🤖 AI Summary
This study investigates the learning dynamics and equilibrium convergence of agents in repeated proportional allocation auctions under logarithmic utility, a form derived from the fairness–throughput trade-off in wireless network slicing. The paper establishes, for the first time, the existence and uniqueness of a Nash equilibrium under this utility structure. Theoretical analysis demonstrates that algorithms such as Online Gradient Descent (OGD), Dual Averaging with Quadratic regularization (DAQ), and myopic Best Response (BR) all converge to this unique equilibrium even under heterogeneous learning rates, whereas mixed update rules may fail to converge. Extensive simulations further confirm that BR achieves the fastest convergence and yields the highest time-averaged utility, underscoring the critical impact of algorithmic choice on system performance.
📝 Abstract
The Kelly or proportional allocation mechanism is a simple and efficient auction-based scheme that distributes an infinitely divisible resource proportionally to the agents bids. When agents are aware of the allocation rule, their interactions form a game extensively studied in the literature.
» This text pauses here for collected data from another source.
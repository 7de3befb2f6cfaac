//! Names committed files.
ghost use Rattle.folder_filing.specs.machine.Naming.{NameLeaves};

use crate::drafts::DraftPath;
use crate::folder_calls::FolderCalls;
use crate::folder_identity::FolderIdentity;
use crate::location::{Layout, Location};
use crate::named_file::NamedFile;
use std::io::{Error, ErrorKind};
use std::rt::Files;
use std::{fs, io};

/// The number of the system error `EPERM`, with which Linux refuses hard links on vfat and exFAT.
const NOT_PERMITTED: i32 = 1;

/// How a file got its new name.
#[derive(Clone, Copy, PartialEq, Eq)]
pub(crate) enum Named {
    /// By a hard link: the file also keeps its old name.
    Linked,
    /// By a rename: the file has only the new name.
    Renamed,
}

/// Why a file did not get a name, if another name or another attempt can succeed.
#[derive(Clone, Copy, PartialEq, Eq)]
pub(crate) enum Obstacle {
    /// The name is in use.
    InUse,
    /// The subfolder in the path does not exist, or was moved away while the file was named.
    Missing,
    /// The subfolder in the path is no directory.
    Blocked,
    /// The file system has no hard links.
    NoLinks,
}

/// The outcome of an attempt to name a file.
#[derive(Clone, Copy)]
pub(crate) enum Attempt {
    Named(NamedFile),
    Met(Obstacle),
}

/// The name that a file is to get: its location, and the path of that location.
#[derive(Clone, Copy)]
pub(crate) struct Target<'a> {
    pub(crate) location: Location,
    pub(crate) path: &'a str,
    pub(crate) layout: Layout,
    /// Whether the file and its name are synced to the disk.
    pub(crate) has_sync: bool,
    /// The subfolder in the path, or `None` if there is none.
    pub(crate) folder: Option<FolderIdentity>,
    /// Whether a missing subfolder is an obstacle, which leads to another attempt, rather than an
    /// error.
    pub(crate) may_miss: bool,
}

/// Returns whether an error of `hard_link` means that the file system has no hard links: `EPERM`,
/// `EOPNOTSUPP` or `ENOSYS`. `EPERM` is compared by its number, since its `ErrorKind` is also that
/// of `EACCES`, which does not mean that.
pub(crate) fn is_without_links(error: &Error) -> bool {
    error.kind() == ErrorKind::Unsupported || error.raw_os_error() == Some(NOT_PERMITTED)
}

/// Returns the obstacle that an error means, or `None` if another name or attempt would not help.
pub(crate) fn obstacle_of(error: &Error, target: Target<'_>) -> Option<Obstacle> {
    let in_levels = matches!(target.layout, Layout::Levels { .. });
    match error.kind() {
        ErrorKind::AlreadyExists => Some(Obstacle::InUse),
        ErrorKind::NotFound if in_levels && target.may_miss => Some(Obstacle::Missing),
        ErrorKind::NotADirectory if in_levels => Some(Obstacle::Blocked),
        _ => None,
    }
}

/// Fails with `AlreadyExists` if something exists at this path, and with the system's error if that
/// cannot be checked.
pub(crate) fn check_free<R: Files>(rt: &R, path: &str) -> io::Result<()> {
    match fs::symlink_metadata(rt, path) {
        Ok(_) => Err(Error::from(ErrorKind::AlreadyExists)),
        Err(error) if error.kind() == ErrorKind::NotFound => Ok(()),
        Err(error) => Err(error),
    }
}

/// Gives the file of a draft the target name by a hard link or, on a file system without hard
/// links, by a rename after a check that the name is free, which overwrites nothing while the
/// folder has no other writer.
///
/// After an error or an obstacle the file has only its old name.
pub(crate) fn name_file<R: Files + Alloc>(
    rt: &R,
    draft: &DraftPath<R::A>,
    target: Target<'_>,
    calls: &mut FolderCalls,
) -> io::Result<Attempt>
    ensures remaining { NameLeaves target.entry.has_sync draft.now target.entry.location result calls.old calls.new }
{
    match calls.link(rt, draft, target)? {
        None => {
            let file = NamedFile::newest(target, Named::Linked, calls);
            return Ok(Attempt::Named(file));
        }
        Some(Obstacle::NoLinks) => {}
        Some(obstacle) => return Ok(Attempt::Met(obstacle)),
    }
    if let Some(obstacle) = calls.look(rt, target)? {
        return Ok(Attempt::Met(obstacle));
    }
    match calls.rename(rt, draft, target)? {
        None => Ok(Attempt::Named(NamedFile::newest(target, Named::Renamed, calls))),
        Some(obstacle) => Ok(Attempt::Met(obstacle)),
    }
}
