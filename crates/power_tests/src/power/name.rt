//! Names of files and folders.

/// A name of at most eight bytes, padded with zeros.
#[derive(Clone, Copy, PartialEq, Eq)]
pub(crate) struct Name([u8; 8]);

impl Name {
    /// Returns this name, or `None` if it has more than eight bytes.
    pub(crate) fn of(text: &str) -> Option<Name> {
        if text.len() > 8 {
            return None;
        }
        let mut name = [0; 8];
        for (to, from) in name.iter_mut().zip(text.as_bytes()) {
            *to = *from;
        }
        Some(Name(name))
    }

    /// Returns the bytes of the name, padded with zeros.
    pub(crate) fn padded(self) -> [u8; 8] {
        self.0
    }

    /// Returns whether this is the name of a draft: `DRAFT` with or without digits.
    pub(crate) fn is_draft(self) -> bool {
        let name = &self.0[..];
        name.starts_with(b"DRAFT")
            && name[5..]
                .iter()
                .all(|byte| *byte == 0 || byte.is_ascii_digit())
    }

    /// Returns the number in a name of this letter and seven digits.
    pub(crate) fn number(self, letter: u8) -> Option<u32> {
        if self.0[0] != letter {
            return None;
        }
        let mut number = 0u32;
        for digit in &self.0[1..] {
            if !digit.is_ascii_digit() {
                return None;
            }
            number = number
                .saturating_mul(10)
                .saturating_add(u32::from(*digit - b'0'));
        }
        Some(number)
    }
}
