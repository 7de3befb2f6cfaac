//! What a filing reports to its log about its drafts.

use crate::aside::SetAside;
use crate::location::Location;
use crate::stored_file::StoredFile;
use std::cell::Cell;
use std::io::Error;
use std::rt::Files;

/// The notes of a [`FolderFiling`](crate::FolderFiling) for its log. Who reads a note takes it.
#[derive(Drop)]
pub struct DraftNotes<R: Files + Alloc + Clone + Drop>
where
    R::File: StoredFile,
{
    /// The location of the last committed file.
    pub location: Cell<Option<Location>>,
    /// The error of the last failed call.
    pub error: Cell<Option<Error>>,
    /// The location after which few numbers remain. A folder has only one.
    pub low: Cell<Option<Location>>,
    /// The last draft that was moved to a quarantine.
    pub aside: Cell<Option<SetAside<R>>>,
    /// Why a draft could not be moved to a quarantine.
    pub aside_error: Cell<Option<Error>>,
}

impl<R: Files + Alloc + Clone + Drop> DraftNotes<R>
where
    R::File: StoredFile,
{
    /// Creates empty notes.
    pub(crate) fn new() -> DraftNotes<R> {
        DraftNotes {
            location: Cell::new(None),
            error: Cell::new(None),
            low: Cell::new(None),
            aside: Cell::new(None),
            aside_error: Cell::new(None),
        }
    }

    /// Records a draft that was moved to a quarantine. Removes the draft recorded before, if it was
    /// not taken.
    pub(crate) fn set_aside(&self, aside: SetAside<R>) {
        if let Some(before) = self.aside.replace(Some(aside)) {
            let _ = before.remove();
        }
    }
}
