//! The heads of PDUs and of presentation data values, of six bytes each.
ghost use Rattle.std.specs.Prelude.{◌≡◌};
ghost use Rattle.pdu.specs.Heads.{pdu_head_of, pdv_head_of};

use byteorder::{BigEndian, ByteOrder};

/// The head of a PDU, its first six bytes (PS3.8 section 9.3.1).
#[derive(Clone, Copy, Debug, PartialEq, Eq)]
pub struct PduHead {
    /// The type of the PDU: one of [`pdu_type`](crate::pdu_type), or an unrecognized one.
    pub kind: u8,
    /// The number of bytes that follow the head.
    pub length: u32,
}

/// The head of a presentation data value, its first six bytes (PS3.8 section 9.3.5.1 and annex
/// E.2).
#[derive(Clone, Copy, Debug, PartialEq, Eq)]
pub struct PdvHead {
    /// The number of bytes that follow this field: context ID, message control header and fragment.
    pub length: u32,
    /// The presentation context ID.
    pub context: u8,
    /// Whether the fragment is part of a command set, else of a data set: bit 0 of the message
    /// control header.
    pub command: bool,
    /// Whether the fragment is the last one: bit 1 of the message control header. Bits 2 to 7 are
    /// ignored.
    pub last: bool,
}

/// Reads the head of a PDU: its type, a reserved byte, which is ignored, and its length in big
/// endian.
pub fn read_pdu_head(bytes: &[u8; 6]) -> PduHead
    ensures { result ≡ pdu_head_of bytes.now }
{
    PduHead {
        kind: bytes[0],
        length: BigEndian::read_u32(&bytes[2..]),
    }
}

/// Reads the head of a presentation data value: its length in big endian, its presentation context
/// ID and its message control header.
pub fn read_pdv_head(bytes: &[u8; 6]) -> PdvHead
    ensures { result ≡ pdv_head_of bytes.now }
{
    PdvHead {
        length: BigEndian::read_u32(bytes),
        context: bytes[4],
        command: bytes[5] % 2 == 1,
        last: bytes[5] / 2 % 2 == 1,
    }
}
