//! Writes lines to the log.
use crate::event::{Event, Value};
use crate::events::LINES_OMITTED;
use crate::form::LineForm;
use crate::line::{Head, line_of};
use crate::line_limits::{Limited, LineLimits};
use jiff::Timestamp;
use log::{Level, Log, log, log_enabled};
use metrics::MetricsFile;
use std::net::SocketAddr;
use std::time::{Clock, Instant};

/// The target of each log line, by which the lines of this command are found.
pub const TARGET: &str = "dcmbox::serve";

/// Writes log lines, about the connection of one peer or about none.
#[derive_where(Clone, Copy)]
pub struct Logger<'a, R> {
    rt: &'a R,
    form: LineForm,
    peer: Option<SocketAddr>,
    metrics: Option<&'a MetricsFile>,
    limits: Option<&'a LineLimits>,
}

impl<'a, R: Log + Clock> Logger<'a, R> {
    /// Creates a logger of lines in this form, about no connection.
    pub fn new(rt: &'a R, form: LineForm) -> Logger<'a, R> {
        Logger {
            rt,
            form,
            peer: None,
            metrics: None,
            limits: None,
        }
    }

    /// Returns the logger with these rate limits for lines that peers can cause.
    pub fn limited(self, limits: &'a LineLimits) -> Logger<'a, R> {
        Logger {
            limits: Some(limits),
            ..self
        }
    }

    /// Returns the logger with this metrics file, if any, which counts what is logged.
    pub fn counting(self, metrics: Option<&'a MetricsFile>) -> Logger<'a, R> {
        Logger { metrics, ..self }
    }

    /// Returns the metrics file, if there is one.
    pub(crate) fn metrics(&self) -> Option<&'a MetricsFile> {
        self.metrics
    }

    /// Returns the logger of lines about the connection of this peer. An IPv4 address that is
    /// mapped to IPv6 (RFC 4291 section 2.5.5.2) is shown as the IPv4 address.
    pub fn about(self, peer: SocketAddr) -> Logger<'a, R> {
        Logger {
            peer: Some(SocketAddr::new(peer.ip().to_canonical(), peer.port())),
            ..self
        }
    }

    /// Returns whether lines of this level are written.
    pub(crate) fn reports(&self, level: Level) -> bool {
        log_enabled!(self.rt; target: TARGET, level)
    }

    /// Returns the head of a line: the time, if the clock can be read, and the peer.
    pub(crate) fn head(&self) -> Head {
        Head {
            time: Timestamp::now(self.rt).ok(),
            peer: self.peer,
        }
    }

    /// Returns the time, if the clock can be read.
    pub(crate) fn now(&self) -> Option<Instant> {
        Instant::now(self.rt).ok()
    }

    /// Writes the line of an event with these values of its fields, if lines of its level are
    /// written. If it exceeds its rate limit, it is counted as left out.
    pub fn report(&self, event: Event, values: &[Value<'_>]) {
        let is_written = self.reports(event.level)
            && match event.limit {
                Some(kind) => self.admits(kind),
                None => true,
            };
        if is_written {
            self.write(event, values);
        }
    }

    /// Writes the line of an event, if lines of its level are written.
    fn write(&self, event: Event, values: &[Value<'_>]) {
        let line = line_of(self.form, self.head(), event, values);
        log!(self.rt; target: TARGET, event.level, "{line}");
    }

    /// Returns whether a line of this kind may be written now. If not, it is counted as left out.
    pub(crate) fn admits(&self, kind: Limited) -> bool {
        let Some(limits) = self.limits else {
            return true;
        };
        let now = self.now();
        self.report_lines_of(limits, kind, now);
        limits.admit(kind, now)
    }

    /// Logs how many lines of each kind were left out, if its span is over or `now` is `None`.
    pub fn report_omitted(&self, now: Option<Instant>) {
        if let Some(limits) = self.limits {
            for kind in Limited::ALL {
                self.report_lines_of(limits, kind, now);
            }
        }
    }

    /// Logs how many lines of this kind were left out, if any.
    fn report_lines_of(&self, limits: &LineLimits, kind: Limited, now: Option<Instant>) {
        let count = limits.renew(kind, now);
        if let (1.., Some(of)) = (count, kind.words()) {
            Logger {
                peer: None,
                ..*self
            }
            .write(LINES_OMITTED, &[Value::Number(count), Value::Text(of)]);
        }
    }
}
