//! The log of served associations: observes what each decides, and writes log lines. It is passed
//! the bytes by reference, and cannot change what is received, sent or filed.
#![tactic(auto)]

mod accepted;
mod asked;
mod cause;
mod contexts;
mod end;
mod event;
pub mod events;
mod fields;
mod form;
mod journal;
mod line;
mod line_limits;
mod logger;
mod message;
mod outcome;
mod output;
mod quarantine;
mod refusal;
mod refused;
mod request;
mod sheet;
mod state;
mod store_lines;
mod text;
mod words;

pub use event::{Event, Value, Words, shown};
pub use form::LineForm;
pub use journal::{Journal, Served};
pub use line::{LINE, Line};
pub use line_limits::{Limited, LineLimits};
pub use logger::{Logger, TARGET};
pub use outcome::{Counts, Outcome};
pub use output::Output;
pub use text::Text;
pub use words::{provider_words, rejection_words};
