//! The class and instance of a store, and its reply.
use crate::event::{Value, shown};
use crate::text::Text;
use dimse::element_numbers::{CLASS, FIELD, INSTANCE};
use dimse::{Command, CommandSet, Detail, cause_name};
use element::unpadded;

/// A UID, or its keyword, as the log shows it.
pub(crate) type UidText = Text<64>;

/// Returns a UID of a command set without padding, or an empty text if it has none.
fn uid_of(set: &CommandSet, number: u16) -> UidText {
    let mut uid = UidText::new();
    if let Some(bytes) = set.value(number) {
        uid.add(unpadded(bytes));
    }
    uid
}

/// A UID element of a command set that is invalid or missing.
#[derive(Drop)]
pub(crate) struct BadElement {
    pub number: u16,
    /// The value, empty if missing.
    pub value: UidText,
}

impl BadElement {
    /// Returns the first invalid UID element of this command set of a C-ECHO or C-STORE, or `None`.
    pub(crate) fn of(command: &[u8]) -> Option<BadElement> {
        let set = CommandSet::read(command)?;
        let numbers: &[u16] = match set.number(FIELD) {
            Ok(Command::C_STORE) => &[CLASS, INSTANCE],
            Ok(Command::C_ECHO) => &[CLASS],
            _ => return None,
        };
        for number in numbers {
            if set.uid(*number).is_err() {
                return Some(BadElement {
                    number: *number,
                    value: uid_of(&set, *number),
                });
            }
        }
        None
    }
}

/// The response to a C-STORE: its status, and the cause of a failure.
#[derive(Clone, Copy, Debug, PartialEq, Eq)]
pub(crate) struct Reply {
    pub status: u16,
    pub detail: Option<Detail>,
}

/// Returns a status in hexadecimal.
pub(crate) fn shown_status<'a>(status: u16) -> Value<'a> {
    shown(format_args!("{status:04X}"))
}

impl Reply {
    /// Returns the status, the cause of a failure, and its tag, as the response's Error Comment and
    /// Offending Element name them.
    pub(crate) fn values<'a>(self) -> (Value<'a>, Value<'a>, Value<'a>) {
        let status = shown_status(self.status);
        let Some(Detail { number, tag }) = self.detail else {
            return (status, Value::Absent, Value::Absent);
        };
        let Some(name) = cause_name(number) else {
            return (status, Value::Absent, Value::Absent);
        };
        let fault = shown(format_args!("fault {number:02} {name}"));
        if tag.0 == 0 && tag.1 == 0 {
            return (status, fault, Value::Absent);
        }
        (
            status,
            fault,
            shown(format_args!("{:04x},{:04x}", tag.0, tag.1)),
        )
    }
}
This paper examines the less explored repeated Kelly game, focusing mainly on utilities that are logarithmic in the allocated resource fraction. We first derive this logarithmic form from fairness-throughput trade-offs in wireless network slicing, and then prove that the induced stage game admits a unique Nash equilibrium NE. For the repeated play, we prove convergence to this NE under three behavioral models: (i) all agents use Online Gradient Descent (OGD), (ii) all agents use Dual Averaging with a quadratic regularizer (DAQ) (a variant of the Follow-the-Regularized leader algorithm), and (iii) all agents play myopic best responses (BR). Our convergence results hold even when agents use personalized learning rates in OGD and DAQ (e.g., tuned to optimize individual regret bounds), and they extend to a broader class of utilities that meet a certain sufficient condition. Finally, we complement our theoretical results with extensive simulations of the repeated Kelly game under several behavioral models, comparing them in terms of convergence speed to the NE, and per-agent time-average utility. The results suggest that BR achieves the fastest convergence and the highest time-average utility, and that convergence to the stage-game NE may fail under heterogeneous update rules.